- **Stored items**:
== == ==

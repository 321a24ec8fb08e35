//! How the desk, the book, the seats and the rings stand.

ghost use Rattle.std.specs.Prelude.{◌≡◌};
ghost use Rattle.release_lock.specs.Held.{OnlyLowers};

use leg::{Totals, VenueId};
use std::fmt;
use sweep_release::{Desk, DeskEntry, Gate};
use trial::{Parts, gate_name};

/// How a venue stands at the desk.
#[derive(Clone, Copy, Debug, PartialEq, Eq)]
pub struct VenueStanding {
    pub gate: Gate,
    /// Legs that are placed.
    pub placed: usize,
    /// Legs that left for the ring.
    pub left: usize,
}

/// How the desk stands.
#[derive(Clone, Copy, Debug, PartialEq, Eq)]
pub struct DeskStanding {
    pub entries: usize,
    pub placed_shares: u64,
    /// How many legs the last sweep has that was released.
    pub last_legs: usize,
    pub venues: [Option<VenueStanding>; 2],
}

/// What a venue's worker popped, and the shares that it resolved.
#[derive(Clone, Copy, Debug, PartialEq, Eq)]
pub struct PostStanding {
    pub popped: u64,
    pub resolved: u64,
}

/// How the desk, the book, the seats and the rings stand, as far as their questions tell.
#[derive(Clone, Copy, Debug, PartialEq, Eq)]
pub struct Standing {
    pub desk: DeskStanding,
    /// The shares of the caller's seat.
    pub seat: u64,
    pub posts: [Option<PostStanding>; 2],
    /// The shares of the first six sweeps.
    pub sweeps: [Option<Totals>; 6],
}

fn venue_standing(desk: &Desk, number: u8) -> Option<VenueStanding> {
    let Ok(venue) = VenueId::new(number) else {
        return None;
    };
    if usize::from(venue.number()) >= desk.venues() {
        return None;
    }
    Some(VenueStanding {
        gate: desk.gate(venue),
        placed: desk.placed(venue),
        left: desk.left(venue),
    })
}

/// How many legs the last sweep has that was released.
fn last_legs(desk: &Desk) -> usize {
    let mut legs = 0;
    for entry in desk.history() {
        if let DeskEntry::Released(sweep) = entry {
            legs = sweep.legs.len();
        }
    }
    legs
}

/// How a desk stands. It is only asked.
pub fn desk_standing(desk: &mut Desk) -> DeskStanding
    ensures { OnlyLowers desk.old desk.new }
{
    DeskStanding {
        entries: desk.history().len(),
        placed_shares: desk.placed_shares(),
        last_legs: last_legs(desk),
        venues: [venue_standing(desk, 0), venue_standing(desk, 1)],
    }
}

impl fmt::Display for VenueStanding {
    fn fmt<W: fmt::Write>(&self, f: &mut fmt::Formatter<W>) -> fmt::Result {
        let gate = gate_name(self.gate);
        let placed = self.placed;
        let left = self.left;
        write!(f, "{gate} placed {placed} left {left}")
    }
}

impl fmt::Display for DeskStanding {
    fn fmt<W: fmt::Write>(&self, f: &mut fmt::Formatter<W>) -> fmt::Result {
        let entries = self.entries;
        let placed_shares = self.placed_shares;
        let last_legs = self.last_legs;
        write!(
            f,
            "desk shares {placed_shares} entries {entries} last {last_legs}"
        )?;
        for venue in self.venues.iter().flatten() {
            write!(f, ", {venue}")?;
        }
        Ok(())
    }
}

impl fmt::Display for Standing {
    fn fmt<W: fmt::Write>(&self, f: &mut fmt::Formatter<W>) -> fmt::Result {
        let desk = self.desk;
        let seat = self.seat;
        write!(f, "{desk}; seat {seat}")?;
        for PostStanding { popped, resolved } in self.posts.iter().flatten() {
            write!(f, "; popped {popped} resolved {resolved}")?;
        }
        for totals in self.sweeps.iter().flatten() {
            let parts = Parts(*totals);
            write!(f, ";{parts}")?;
        }
        Ok(())
    }
}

== == ==

- **TASK TO COMPLETE**:
Copy every line of the data where "entries" is found.

- **TASK RESULT**:
    pub entries: usize,
        entries: desk.history().len(),
        let entries = self.entries;
            "desk shares {placed_shares} entries {entries} last {last_legs}"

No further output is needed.